Summary This paper presents a technique for the efficient design of bandpass waveguide microwave filters using a segmentation technique applied to an equivalent circuit. The technique is based on first developing an equivalent circuit that synthesizes the desired transfer function. Then, the different parts of the real physical structure are optimized by segmenting this equivalent circuit. The technique was originally developed for in‐line filters, and the main contribution of this paper is in the combination of this technique with the coupling matrix formalism. In this way, we adapt for the first time this design strategy to the design of complex coupling topologies, beyond the in‐line configuration. As an example, a complex sixth‐order dual‐mode filter, implemented in all‐inductive waveguide technology, is designed using the new coupling matrix segmentation technique, showing the effectiveness of the presented theory.
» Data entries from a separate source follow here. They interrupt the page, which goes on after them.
//! Refused lines by their numbers, where neighbours with one fault are kept as one.

ghost use Rattle.std.specs.Prelude.{◌≡◌, ◌+◌, ◌<◌, ◌++◌, ◌^◌, ◌∷◌, [], All, IsTrue, OnOk, false, map};
ghost use Rattle.tables.specs.Inside.Refusals.{lines_of_run, lines_of_runs};

use lines::LineFault;
use std::alloc::{AllocError, Global};
use std::marker::Model;

/// Refused lines, each by its number and with its fault.
#[derive(Drop)]
pub(crate) struct Refusals {
    runs: Vec<Run>,
}

/// A refused line, and neighbours behind it with the same fault.
#[derive(Clone, Copy)]
struct Run {
    /// The number of the line.
    first: u64,
    /// How many neighbours there are.
    more: u64,
    /// The fault of each of them.
    fault: LineFault,
}

impl Model for Refusals {
    ghost use Rattle.std.specs.Prelude.{ℕ, List};
    ghost use Rattle.std.specs.Coded.{codes};
    ghost use Rattle.semantics.specs.contracts.line_fault.LineFault as line_fault;
    ghost use Rattle.semantics.specs.declared.line_fault.LineFault.{LineFault};
    ghost use Rattle.tables.specs.Inside.Refusals.{lines_of_runs};

    ghost Value = { List (ℕ × LineFault) };

    ghost coded = { Prim.hlevel (codes, line_fault.the_row.coded) };

    ghost view = { λ refusals. lines_of_runs refusals.runs.items };
}

impl Refusals {
    ghost use Rattle.std.specs.Prelude.{IfOk};

    /// No line.
    pub(crate) fn new(alloc: Global) -> Refusals
        ensures { result ≡ [] }
    {
        Refusals {
            runs: Vec::new(alloc),
        }
    }

    /// The lines of a list.
    pub(crate) fn of(alloc: Global, list: &[(u64, LineFault)]) -> Result<Refusals, AllocError>
        ensures { IfOk result (λ refusals. refusals ≡ list.now) }
    {
        let mut refusals = Refusals::new(alloc);
        for (number, fault) in list {
            refusals.push(*number, *fault)?;
        }
        Ok(refusals)
    }

    /// Puts one more line behind the others.
    pub(crate) fn push(&mut self, number: u64, fault: LineFault) -> Result<(), AllocError>
        ensures { OnOk result (self.new ≡ self.old ++ (number, fault) ∷ []) }
    {
        push_line(&mut self.runs, number, fault)
    }

    /// Puts more lines behind the others, each with a number that is so much greater.
    pub(crate) fn put_behind(&mut self, before: u64, more: &Refusals) -> Result<(), AllocError>
        requires { All (λ line. before + line.0 < 2 ^ 64) more.now }
        ensures { OnOk result
            (self.new ≡ self.old ++ map (λ line. (before + line.0, line.1)) more.now) }
    {
        put_runs(&mut self.runs, before, more.runs.as_slice())
    }

    /// Puts the lines behind those of a list, each with a number that is so much greater.
    pub(crate) fn list_behind(
        &self,
        before: u64,
        list: &mut Vec<(u64, LineFault)>,
    ) -> Result<(), AllocError>
        requires { All (λ line. before + line.0 < 2 ^ 64) self.now }
        ensures { OnOk result (list.new.items
            ≡ list.old.items ++ map (λ line. (before + line.0, line.1)) self.now) }
    {
        list_runs(list, before, self.runs.as_slice())
    }
}

impl Run {
    ghost use Rattle.std.specs.Prelude.{◌↔◌};

    /// Whether the line is the next neighbour behind the run, and has its fault.
    fn is_before(&self, number: u64, fault: LineFault) -> bool
        ensures { IsTrue result
            ↔ (number ≡ self.now.first + self.now.more + 1) × (fault ≡ self.now.fault) }
    {
        self.fault == fault && self.first < number && number - self.first - 1 == self.more
    }

    /// Takes the line, where it is the next neighbour and has the same fault. The answer is whether
    /// it does.
    fn take(&mut self, number: u64, fault: LineFault) -> bool
        ensures taken { IsTrue result
            → lines_of_run self.new ≡ lines_of_run self.old ++ (number, fault) ∷ [] }
        ensures same { result ≡ false → self.new ≡ self.old }
    {
        if !self.is_before(number, fault) {
            return false;
        }
        self.more += 1;
        true
    }
}

/// Puts one more line behind the runs: to the last one where it is the next neighbour with the same
/// fault, else as a run of its own.
fn push_line(runs: &mut Vec<Run>, number: u64, fault: LineFault) -> Result<(), AllocError>
    ensures { OnOk result (lines_of_runs runs.new.items
        ≡ lines_of_runs runs.old.items ++ (number, fault) ∷ []) }
{
    if lengthen_last(runs, number, fault) {
        return Ok(());
    }
    runs.push(Run {
        first: number,
        more: 0,
        fault,
    })?;
    Ok(())
}

/// Puts one more line to the last run, where it is the next neighbour with the same fault. The
/// answer is whether it is.
fn lengthen_last(runs: &mut Vec<Run>, number: u64, fault: LineFault) -> bool
    ensures longer { IsTrue result → lines_of_runs runs.new.items
        ≡ lines_of_runs runs.old.items ++ (number, fault) ∷ [] }
    ensures same { result ≡ false → runs.new.items ≡ runs.old.items }
{
    match runs.last_mut() {
        Some(run) => run.take(number, fault),
        None => false,
    }
}

/// Puts more runs behind others, each with numbers that are so much greater.
fn put_runs(runs: &mut Vec<Run>, before: u64, more: &[Run]) -> Result<(), AllocError>
    requires { All (λ line. before + line.0 < 2 ^ 64) (lines_of_runs more.now) }
    ensures { OnOk result (lines_of_runs runs.new.items ≡ lines_of_runs runs.old.items
        ++ map (λ line. (before + line.0, line.1)) (lines_of_runs more.now)) }
{
    for run in more {
        runs.push(Run {
            first: before + run.first,
            more: run.more,
            fault: run.fault,
        })?;
    }
    Ok(())
}

/// Puts the lines of runs behind those of a list, each with a number that is so much greater.
fn list_runs(list: &mut Vec<(u64, LineFault)>, before: u64, runs: &[Run]) -> Result<(), AllocError>
    requires { All (λ line. before + line.0 < 2 ^ 64) (lines_of_runs runs.now) }
    ensures { OnOk result (list.new.items ≡ list.old.items
        ++ map (λ line. (before + line.0, line.1)) (lines_of_runs runs.now)) }
{
    for run in runs {
        list_run(list, before, *run)?;
    }
    Ok(())
}

/// Puts the lines of a run behind those of a list, each with a number that is so much greater.
fn list_run(list: &mut Vec<(u64, LineFault)>, before: u64, run: Run) -> Result<(), AllocError>
    requires { All (λ line. before + line.0 < 2 ^ 64) (lines_of_run run) }
    ensures { OnOk result (list.new.items
        ≡ list.old.items ++ map (λ line. (before + line.0, line.1)) (lines_of_run run)) }
{
    let first = before + run.first;
    list.push((first, run.fault))?;
    for place in 0..run.more {
        list.push((first + 1 + place, run.fault))?;
    }
    Ok(())
}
A prototype of the filter has been manufactured, and the accuracy of the design technique is verified by measurements on the real prototype. The paper presents a powerful design technique for microwave filters using equivalent circuits. The technique is based on segmenting the equivalent circuit in several stages to simplify optimization processes. The important novelty is that the technique has been adapted to the coupling matrix formalism. In this way, it can for the first time be applied to complex coupling topologies. A filter with a complex coupling topology has been designed for the first time using this technique, showing its usefulness.